Where does the word "says" occur in the material? Copy each line that has it.
***** Data for this task *****
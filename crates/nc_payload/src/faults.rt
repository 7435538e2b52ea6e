//! The faults of one element of a payload, in their order.
ghost use Rattle.std.specs.Prelude.{◌≡◌, ◌==◌, ◌&&◌, ◌∷◌, [], not, option_map, IfOk, Some};
ghost use Rattle.std.specs.List.{list_any};
ghost use Rattle.nc_names.specs.Same as same;
ghost use Rattle.nc_names.specs.Same.{is_same_text};
ghost use Rattle.nc_schema.specs.Standing as standing;
ghost use Rattle.nc_protocol.specs.Faults as meant;
ghost use Rattle.nc_payload.specs.inner.Reads.{child_fault, content_of, element_by, meaning, shape_by};
ghost use Rattle.nc_payload.specs.inner.Reads.{value_by, within_of};
ghost use Rattle.nc_protocol.specs.Payload.{reading_of};

use crate::attributes::{attributes_fault, operation_of};
use crate::causes::{one_name, two_names};
use crate::content::{Content, read_content};
use crate::earlier::Earlier;
use crate::elements::{
    Named, first_child, has_child, has_text, is_dropped, is_key, named_part, remember, steps_to,
};
use nc_message::{Attr, Part};
use nc_names::{CauseKind, Copies, Many, Memory, QName, Step, Text};
use nc_protocol::{Cause, EditOperation, Position, Under};
use nc_schema::{Kind, Node, Schema};
use std::alloc::Global;

/// Whether each element there is a row, which stands once.
pub(crate) fn are_rows(under: Under) -> bool {
    matches!(under, Under::Rows { .. } | Under::Inline)
}

fn stands_once(under: Under, kind: Kind) -> bool
    ensures { result ≡ meant.stands_once under kind }
{
    matches!(under, Under::Rows { .. } | Under::Inline) || kind == Kind::Leaf
}

#[tactic(auto, using(crate::proofs::EarlierLemmas::any_clash))]
fn has_clash(schema: &Schema, under: Under, node: &Node, step: &Step, earlier: &Earlier) -> bool
    ensures { result ≡ list_any (meant.clashes schema.now under node.now step.now) earlier.now }
{
    let again = stands_once(under, node.kind) && earlier.has(step);
    let beside = earlier.has_other_case(schema, node);
    again || beside
}

fn has_bad_content(kind: Kind, parts: &Many<Part>) -> bool
    ensures { result ≡ meant.has_bad_content kind parts.now }
{
    if kind.has_value() {
        has_child(parts)
    } else {
        has_text(parts)
    }
}

fn shape_fault(
    alloc: Global,
    schema: &Schema,
    at: &Position,
    earlier: &Earlier,
    content: &Content,
    named: Named<'_>,
) -> Result<Option<Cause>, Memory>
    ensures { IfOk result (λ it. it ≡
        shape_by (reading_of schema.now) at.now earlier.now content.now.step (meaning named.entry)) }
{
    let bad = has_bad_content(named.node.kind, &named.elem.parts);
    let clash = has_clash(schema, at.under, named.node, &content.step, earlier);
    if bad || clash {
        return Ok(Some(Cause::inside(
            CauseKind::BadElement,
            at.above.copy()?,
            one_name(alloc, &named.elem.name.name)?,
        )));
    }
    Ok(None)
}

fn needs_value(operation: EditOperation) -> bool
    ensures { result ≡ meant.needs_value operation }
{
    matches!(
        operation,
        EditOperation::Merge | EditOperation::Replace | EditOperation::Create
    )
}

fn is_read(under: Under, operation: EditOperation, key: bool, kind: Kind) -> bool
    ensures { result ≡ meant.is_read under operation key kind }
{
    match kind {
        Kind::Container { .. } | Kind::List => false,
        Kind::LeafList => !is_dropped(under),
        Kind::Leaf => match under {
            Under::Edited { .. } => key || needs_value(operation),
            _ => key || !is_dropped(under),
        },
    }
}

fn value_fault(
    alloc: Global,
    schema: &Schema,
    at: &Position,
    content: &Content,
    named: Named<'_>,
) -> Result<Option<Cause>, Memory>
    ensures { IfOk result (λ it. it ≡
        value_by (reading_of schema.now) at.now content.now.value (meaning named.entry)) }
{
    let operation = operation_of(at.under, &named.elem.attrs);
    if !is_read(
        at.under,
        operation,
        is_key(schema, at, named),
        named.node.kind,
    ) {
        return Ok(None);
    }
    if content.value.is_some() {
        return Ok(None);
    }
    Ok(Some(Cause::inside(
        CauseKind::BadValue,
        steps_to(alloc, schema, at, named)?,
        Many::new(alloc),
    )))
}

// The first fault of an element without those of its keys, by what it says.
fn fault_by(
    alloc: Global,
    schema: &Schema,
    at: &Position,
    earlier: &Earlier,
    content: &Content,
    named: Named<'_>,
) -> Result<Option<Cause>, Memory>
    ensures { IfOk result (λ it. it ≡
        element_by (reading_of schema.now) at.now earlier.now content.now (meaning named.entry)) }
{
    if let Some(cause) = shape_fault(alloc, schema, at, earlier, content, named)? {
        return Ok(Some(cause));
    }
    if let Some(cause) = attributes_fault(alloc, schema, at, named)? {
        return Ok(Some(cause));
    }
    value_fault(alloc, schema, at, content, named)
}

// The same, where what it says is what was read of it.
fn element_fault(
    alloc: Global,
    schema: &Schema,
    at: &Position,
    earlier: &Earlier,
    content: &Content,
    named: Named<'_>,
) -> Result<Option<Cause>, Memory>
    requires { content.now ≡ content_of (reading_of schema.now) at.now.under (meaning named) }
    ensures { IfOk result (λ it. it ≡
        meant.element_fault (reading_of schema.now) at.now earlier.now (meaning named.entry)) }
{
    fault_by(alloc, schema, at, earlier, content, named)
}

fn under_edited(operation: EditOperation) -> Under
    ensures { result ≡ meant.under_edited operation }
{
    match operation {
        EditOperation::Merge | EditOperation::Nothing => Under::Edited { operation },
        EditOperation::Create | EditOperation::Replace => Under::Rows { operation },
        EditOperation::Delete | EditOperation::Remove => Under::Dropped { operation },
    }
}

fn under_element(under: Under, attrs: &Many<Attr>) -> Under
    ensures { result ≡ meant.under_element under attrs.now }
{
    match under {
        Under::Edited { .. } => under_edited(operation_of(under, attrs)),
        Under::Rows { .. } => Under::Rows {
            operation: operation_of(under, attrs),
        },
        Under::Inline => Under::Inline,
        Under::Dropped { .. } | Under::BelowDropped => Under::BelowDropped,
    }
}

/// Where the children of an element stand, by what it says.
pub(crate) fn inside(at: &Position, content: &Content, named: Named<'_>) -> Result<Position, Memory>
    ensures { IfOk result (λ it. it ≡ within_of at.now content.now (meaning named.entry)) }
{
    Ok(Position {
        above: at.above.copied_with(content.step.copy()?)?,
        parent: Some(named.number),
        under: under_element(at.under, &named.elem.attrs),
    })
}

fn local_name(alloc: Global, schema: &Schema, number: u32) -> Result<Many<Text>, Memory>
    ensures { IfOk result (λ it. it ≡ meant.local_name schema.now number ∷ []) }
{
    match schema.node(number) {
        Some(node) => one_name(alloc, &node.name.name),
        None => one_name(alloc, &Text::new(alloc)),
    }
}

fn missing_key(
    alloc: Global,
    schema: &Schema,
    at: &Position,
    named: Named<'_>,
) -> Result<Option<Cause>, Memory>
    ensures { IfOk result (λ it. it ≡
        meant.missing_key (reading_of schema.now) at.now (meaning named.entry)) }
{
    for key in named.node.keys.as_slice() {
        if first_child(schema, named, *key).is_none() {
            return Ok(Some(Cause::inside(
                CauseKind::MissingKey,
                steps_to(alloc, schema, at, named)?,
                local_name(alloc, schema, *key)?,
            )));
        }
    }
    Ok(None)
}

fn named_key_fault(
    alloc: Global,
    schema: &Schema,
    at: &Position,
    earlier: &Earlier,
    key: Named<'_>,
) -> Result<Option<Cause>, Memory>
    ensures { IfOk result (λ it. it ≡
        meant.element_fault (reading_of schema.now) at.now earlier.now (meaning key.entry)) }
{
    let content = read_content(alloc, schema, at.under, key)?;
    element_fault(alloc, schema, at, earlier, &content, key)
}

fn key_fault(
    alloc: Global,
    schema: &Schema,
    at: &Position,
    earlier: &Earlier,
    child: Option<Named<'_>>,
) -> Result<Option<Cause>, Memory>
    ensures { IfOk result (λ it. it ≡
        child_fault (reading_of schema.now) at.now earlier.now (option_map meaning child.entry)) }
{
    match child {
        Some(child) if is_key(schema, at, child) => named_key_fault(
            alloc, schema, at, earlier, child,
        ),
        _ => Ok(None),
    }
}

fn keys_fault(
    alloc: Global,
    schema: &Schema,
    at: &Position,
    parts: &Many<Part>,
) -> Result<Option<Cause>, Memory>
    ensures { IfOk result (λ it. it ≡ meant.keys_fault (reading_of schema.now) at.now [] parts.now) }
{
    let mut earlier = Earlier::new(alloc, are_rows(at.under));
    for part in parts.as_slice() {
        let child = named_part(schema, at.parent, part);
        if let Some(cause) = key_fault(alloc, schema, at, &earlier, child)? {
            return Ok(Some(cause));
        }
        earlier = remember(alloc, schema, at, child, earlier)?;
    }
    Ok(None)
}

fn entry_fault(
    alloc: Global,
    schema: &Schema,
    at: &Position,
    within: &Position,
    named: Named<'_>,
) -> Result<Option<Cause>, Memory>
    requires { within.now ≡ meant.inside (reading_of schema.now) at.now (meaning named) }
    ensures { IfOk result (λ it. it ≡
        meant.entry_fault (reading_of schema.now) at.now (meaning named.entry)) }
{
    if named.node.kind != Kind::List {
        return Ok(None);
    }
    if let Some(cause) = missing_key(alloc, schema, at, named)? {
        return Ok(Some(cause));
    }
    keys_fault(alloc, schema, within, &named.elem.parts)
}

/// The first fault of an element itself, inside which its children stand.
pub(crate) fn own_fault(
    alloc: Global,
    schema: &Schema,
    at: &Position,
    earlier: &Earlier,
    within: &Position,
    content: &Content,
    named: Named<'_>,
) -> Result<Option<Cause>, Memory>
    requires within { within.now ≡ meant.inside (reading_of schema.now) at.now (meaning named) }
    requires content { content.now ≡ content_of (reading_of schema.now) at.now.under (meaning named) }
    ensures { IfOk result (λ it. it ≡
        meant.own_fault (reading_of schema.now) at.now earlier.now (meaning named.entry)) }
{
    if let Some(cause) = element_fault(alloc, schema, at, earlier, content, named)? {
        return Ok(Some(cause));
    }
    entry_fault(alloc, schema, at, within, named)
}

fn is_known_space(schema: &Schema, space: &Text) -> bool
    ensures { result ≡ list_any (λ found. is_same_text found.space space.now) schema.now.modules }
{
    schema.modules().iter().any(|found| found.space == *space)
}

/// An element that is no data node of the schema there.
pub(crate) fn unknown_cause(
    alloc: Global,
    schema: &Schema,
    above: &Many<Step>,
    name: &QName,
) -> Result<Cause, Memory>
    ensures { IfOk result (λ it. it ≡ meant.unknown_cause schema.now above.now name.now) }
{
    if is_known_space(schema, &name.space) {
        return Ok(Cause::inside(
            CauseKind::UnknownElement,
            above.copy()?,
            one_name(alloc, &name.name)?,
        ));
    }
    Ok(Cause::inside(
        CauseKind::UnknownNamespace,
        above.copy()?,
        two_names(alloc, &name.name, &name.space)?,
    ))
}
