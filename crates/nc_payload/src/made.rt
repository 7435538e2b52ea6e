//! The edits of an element, from its operation and the edits of what is in it.
ghost use Rattle.std.specs.Prelude.{◌≡◌, ◌∷◌, [], Some, IfOk};
ghost use Rattle.nc_protocol.specs.Payload as meant;
ghost use Rattle.nc_protocol.specs.declared.edit.Action.TheVariants.{Create, Replace};
ghost use Rattle.nc_payload.specs.inner.Reads.{edit_at, merge_at};

use crate::gather::in_order;
use crate::own::Found;
use crate::payload::Read;
use nc_made::make;
use nc_names::{Copies, Many, Memory, Path, Place, Row};
use nc_protocol::{Action, Edit, EditOperation, Under};
use nc_schema::Schema;
use nc_tree::Config;
use std::alloc::Global;

/// What is read of an element, with the edits of what is in it.
pub(crate) fn with_below(
    alloc: Global,
    schema: &Schema,
    under: Under,
    found: Found,
    below: Many<Edit>,
) -> Result<Read, Memory>
    ensures edits { IfOk result (λ it. it.edits ≡ meant.made schema.now under found.operation
        (merge_at found.within.above found.content.value) found.place below) }
    ensures step { IfOk result (λ it. it.step ≡ Some found.content.step) }
{
    let Found {
        content,
        within,
        operation,
        place,
    } = found;
    let merge = Edit {
        path: Path {
            steps: within.above,
        },
        action: Action::Merge {
            value: content.value,
        },
        place: Place::Kept,
    };
    Ok(Read {
        edits: made_from(alloc, schema, under, operation, merge, place, below)?,
        step: Some(content.step),
    })
}

/// The edits of an element where it stands.
fn made_from(
    alloc: Global,
    schema: &Schema,
    under: Under,
    operation: EditOperation,
    merge: Edit,
    place: Place,
    below: Many<Edit>,
) -> Result<Many<Edit>, Memory>
    ensures { IfOk result (λ it. it ≡ meant.made schema.now under operation merge place below) }
{
    match under {
        Under::Edited { .. } => edited_from(alloc, schema, operation, merge, place, below),
        Under::Rows { .. } | Under::Inline => before_all(alloc, merge, below),
        Under::Dropped { .. } | Under::BelowDropped => Ok(Many::new(alloc)),
    }
}

fn before_all(alloc: Global, edit: Edit, below: Many<Edit>) -> Result<Many<Edit>, Memory>
    ensures { IfOk result (λ it. it ≡ edit ∷ below) }
{
    let mut edits = Many::new(alloc);
    edits.push(edit)?;
    edits.append(below)?;
    Ok(edits)
}

fn edited_from(
    alloc: Global,
    schema: &Schema,
    operation: EditOperation,
    merge: Edit,
    place: Place,
    below: Many<Edit>,
) -> Result<Many<Edit>, Memory>
    ensures { IfOk result (λ it. it ≡
        edit_at merge.path (meant.action_by schema.now operation merge.action (merge ∷ below)) place
        ∷ meant.stays_by operation below) }
{
    match operation {
        EditOperation::Merge => with_action(alloc, merge.path, merge.action, place, below),
        EditOperation::Nothing => {
            with_action(alloc, path_of(merge), Action::Nothing, place, below)
        }
        EditOperation::Delete => alone(alloc, merge, Action::Delete, place, below),
        EditOperation::Remove => alone(alloc, merge, Action::Remove, place, below),
        EditOperation::Create => created(alloc, schema, merge, place, below),
        EditOperation::Replace => replaced(alloc, schema, merge, place, below),
    }
}

fn path_of(edit: Edit) -> Path
    ensures { result ≡ edit.path }
{
    edit.path
}

/// One edit with an action that leaves none below it.
fn alone(
    alloc: Global,
    merge: Edit,
    action: Action,
    place: Place,
    below: Many<Edit>,
) -> Result<Many<Edit>, Memory>
    ensures { IfOk result (λ it. it ≡ edit_at merge.path action place ∷ []) }
{
    drop(below);
    with_action(alloc, path_of(merge), action, place, Many::new(alloc))
}

/// The node of a merge, with the rows that it leaves with those below it, from nothing.
#[derive(Drop)]
struct Whole {
    path: Path,
    rows: Many<Row>,
}

fn made_whole(
    alloc: Global,
    schema: &Schema,
    merge: Edit,
    below: Many<Edit>,
) -> Result<Whole, Memory>
    ensures path { IfOk result (λ it. it.path ≡ merge.path) }
    ensures rows { IfOk result (λ it. it.rows ≡ meant.rows_merged schema.now (merge ∷ below)) }
{
    let path = match merge.path.copy() {
        Ok(path) => path,
        Err(memory) => {
            drop(merge);
            drop(below);
            return Err(memory);
        }
    };
    let rows = subtree(alloc, schema, merge, below)?;
    Ok(Whole { path, rows })
}

/// The node is made with all that merges leave at and below it.
fn created(
    alloc: Global,
    schema: &Schema,
    merge: Edit,
    place: Place,
    below: Many<Edit>,
) -> Result<Many<Edit>, Memory>
    ensures { IfOk result (λ it. it ≡ edit_at merge.path
        (Create (meant.rows_merged schema.now (merge ∷ below))) place ∷ []) }
{
    match made_whole(alloc, schema, merge, below) {
        Ok(whole) => {
            let Whole { path, rows } = whole;
            with_action(
                alloc,
                path,
                Action::Create { rows },
                place,
                Many::new(alloc),
            )
        }
        Err(memory) => {
            drop(place);
            Err(memory)
        }
    }
}

/// The same, in the place of what stands there.
fn replaced(
    alloc: Global,
    schema: &Schema,
    merge: Edit,
    place: Place,
    below: Many<Edit>,
) -> Result<Many<Edit>, Memory>
    ensures { IfOk result (λ it. it ≡ edit_at merge.path
        (Replace (meant.rows_merged schema.now (merge ∷ below))) place ∷ []) }
{
    match made_whole(alloc, schema, merge, below) {
        Ok(whole) => {
            let Whole { path, rows } = whole;
            with_action(
                alloc,
                path,
                Action::Replace { rows },
                place,
                Many::new(alloc),
            )
        }
        Err(memory) => {
            drop(place);
            Err(memory)
        }
    }
}

fn with_action(
    alloc: Global,
    path: Path,
    action: Action,
    place: Place,
    below: Many<Edit>,
) -> Result<Many<Edit>, Memory>
    ensures { IfOk result (λ it. it ≡ edit_at path action place ∷ below) }
{
    before_all(
        alloc,
        Edit {
            path,
            action,
            place,
        },
        below,
    )
}

/// The configuration of the rows that merges leave, made one after another, from nothing. The merges are let
/// go before it is made of the rows: there may be many.
pub(crate) fn config_merged(
    alloc: Global,
    schema: &Schema,
    merges: Many<Edit>,
) -> Result<Config, Memory>
    ensures { IfOk result (λ it. it ≡ meant.rows_merged schema.now merges) }
{
    match in_order(alloc, schema, &merges)? {
        Some(rows) => {
            drop(merges);
            Config::from_rows(rows)
        }
        None => one_by_one(alloc, schema, &merges),
    }
}

fn one_by_one(alloc: Global, schema: &Schema, merges: &Many<Edit>) -> Result<Config, Memory>
    ensures { IfOk result (λ it. it ≡ meant.rows_merged schema.now merges.now) }
{
    let mut config = Config::empty(alloc);
    for merge in merges.as_slice() {
        make(alloc, schema, &mut config, merge)?;
    }
    Ok(config)
}

fn subtree(
    alloc: Global,
    schema: &Schema,
    merge: Edit,
    below: Many<Edit>,
) -> Result<Many<Row>, Memory>
    ensures { IfOk result (λ it. it ≡ meant.rows_merged schema.now (merge ∷ below)) }
{
    rows_merged(alloc, schema, &before_all(alloc, merge, below)?)
}

/// The rows of a subtree: what merges leave that are made one after another, from nothing.
pub(crate) fn rows_merged(
    alloc: Global,
    schema: &Schema,
    merges: &Many<Edit>,
) -> Result<Many<Row>, Memory>
    ensures { IfOk result (λ it. it ≡ meant.rows_merged schema.now merges.now) }
{
    match in_order(alloc, schema, merges)? {
        Some(rows) => Ok(rows),
        None => one_by_one(alloc, schema, merges)?.into_rows(),
    }
}
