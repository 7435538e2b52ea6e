//! The names in causes of faults in a payload.
ghost use Rattle.std.specs.Prelude.{◌≡◌, ◌∷◌, [], IfOk};

use nc_names::{Copies, Many, Memory, Text};
use std::alloc::Global;

/// The one name of a cause.
pub(crate) fn one_name(alloc: Global, name: &Text) -> Result<Many<Text>, Memory>
    ensures { IfOk result (λ it. it ≡ name.now ∷ []) }
{
    let mut names = Many::new(alloc);
    names.push(name.copy()?)?;
    Ok(names)
}

/// The two names of a cause, in order.
pub(crate) fn two_names(alloc: Global, name: &Text, other: &Text) -> Result<Many<Text>, Memory>
    ensures { IfOk result (λ it. it ≡ name.now ∷ other.now ∷ []) }
{
    let mut names = one_name(alloc, name)?;
    names.push(other.copy()?)?;
    Ok(names)
}
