//! Where a node stands in a subtree, as a list that is compared.
ghost use Rattle.std.specs.Prelude.{◌≡◌, IfOk};
ghost use Rattle.nc_schema.specs.Order as document;
ghost use Rattle.nc_schema.specs.Standing as standing;
ghost use Rattle.nc_payload.specs.inner.Marks as meant;

use nc_names::{Copies, Many, Memory, Step, Text};
use nc_protocol::Edit;
use nc_schema::{Case, Schema};
use std::alloc::Global;
use std::collections::BTreeMap;

/// A step, as it is compared with those beside it: by the place of its node among the children of its
/// parent, then by the turn of an entry that the user orders, or by the keys of another.
#[derive(PartialEq, Eq, PartialOrd, Ord, Drop)]
pub(crate) struct Mark {
    pub(crate) place: u128,
    pub(crate) turn: u64,
    pub(crate) keys: Many<Text>,
}

/// What merges say before they are made: when each entry that the user orders comes, and which case each
/// choice has.
#[derive(Drop)]
pub(crate) struct Turns {
    pub(crate) entries: BTreeMap<Many<Step>, u64>,
    pub(crate) cases: BTreeMap<(Many<Step>, u32), u32>,
}

/// What merges are gathered by: their schema, and what they say before they are made.
#[derive(Drop)]
pub(crate) struct Plan<'a> {
    pub(crate) alloc: Global,
    pub(crate) schema: &'a Schema,
    pub(crate) turns: Turns,
}

fn place_among(keys: &Many<u32>, number: u32) -> u128
    ensures { result ≡ document.sibling_place keys.now number }
{
    let mut at = 0usize;
    for key in keys.as_slice() {
        if number == *key {
            return at as u128;
        }
        at += 1;
    }
    at as u128 + number as u128
}

fn place_of(schema: &Schema, at: Option<u32>, number: u32) -> u128
    ensures { result ≡ document.sibling_place (document.keys_above schema.now at) number }
{
    match at {
        Some(parent) => match schema.node(parent) {
            Some(node) => place_among(&node.keys, number),
            None => number as u128,
        },
        None => number as u128,
    }
}

/// Whether the user orders the entries of a node.
pub(crate) fn is_by_user(schema: &Schema, number: u32) -> bool
    ensures { result ≡ standing.is_by_user schema.now number }
{
    match schema.node(number) {
        Some(node) => node.by_user,
        None => false,
    }
}

/// The turn of an entry.
pub(crate) fn turn_of(turns: &Turns, steps: &Many<Step>) -> u64
    ensures { result ≡ meant.turn_of turns.now steps.now }
{
    match turns.entries.get(steps) {
        Some(turn) => *turn,
        None => 0,
    }
}

// The mark of a step, with the steps that end with it.
fn mark_of(
    plan: &Plan<'_>,
    at: Option<u32>,
    steps: &Many<Step>,
    step: &Step,
) -> Result<Mark, Memory>
    ensures { IfOk result (λ it. it
        ≡ meant.mark plan.now.schema.now (meant.turn_of plan.now.turns) at steps.now step.now) }
{
    let place = place_of(plan.schema, at, step.node);
    if is_by_user(plan.schema, step.node) {
        return Ok(Mark {
            place,
            turn: turn_of(&plan.turns, steps),
            keys: Many::new(plan.alloc),
        });
    }
    Ok(Mark {
        place,
        turn: 0,
        keys: step.keys.copy()?,
    })
}

/// The marks of the steps to a node.
pub(crate) fn marks_of(plan: &Plan<'_>, steps: &Many<Step>) -> Result<Many<Mark>, Memory>
    ensures { IfOk result (λ it. it
        ≡ meant.marks plan.now.schema.now (meant.turn_of plan.now.turns) steps.now) }
{
    let mut marks = Vec::with_capacity(plan.alloc, steps.len())?;
    let mut above = Many::from_vec(Vec::with_capacity(plan.alloc, steps.len())?);
    let mut at = None;
    for step in steps.as_slice() {
        above.push(step.copy()?)?;
        marks.push(mark_of(plan, at, &above, step)?)?;
        at = Some(step.node);
    }
    Ok(Many::from_vec(marks))
}

impl Turns {
    // Notes when an entry that the user orders comes first.
    fn note_entry(
        &mut self,
        schema: &Schema,
        turn: u64,
        steps: &Many<Step>,
        number: u32,
    ) -> Result<(), Memory> {
        if !is_by_user(schema, number) || self.entries.contains_key(steps) {
            return Ok(());
        }
        self.entries.insert(steps.copy()?, turn)?;
        Ok(())
    }

    // Notes the cases of a node below these steps.
    fn note_cases(&mut self, above: &Many<Step>, cases: &Many<Case>) -> Result<(), Memory> {
        for case in cases.as_slice() {
            self.cases.insert((above.copy()?, case.choice), case.case)?;
        }
        Ok(())
    }

    fn note(&mut self, schema: &Schema, turn: u64, steps: &Many<Step>) -> Result<(), Memory> {
        let mut above = steps.copy()?;
        let Some(step) = above.pop() else {
            return Ok(());
        };
        self.note_entry(schema, turn, steps, step.node)?;
        let Some(node) = schema.node(step.node) else {
            return Ok(());
        };
        self.note_cases(&above, &node.cases)
    }

    /// What merges say before they are made. Nothing rests on it but time: what is gathered by turns is
    /// compared with them step by step.
    pub(crate) fn of(alloc: Global, schema: &Schema, merges: &Many<Edit>) -> Result<Turns, Memory> {
        let mut turns = Turns {
            entries: BTreeMap::new(alloc),
            cases: BTreeMap::new(alloc),
        };
        for (turn, merge) in merges.as_slice().iter().enumerate() {
            turns.note(schema, turn as u64, &merge.path.steps)?;
        }
        Ok(turns)
    }
}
*****
→ Task output:
// The first fault of an element without those of its keys, by what it says.
// The same, where what it says is what was read of it.
/// Where the children of an element stand, by what it says.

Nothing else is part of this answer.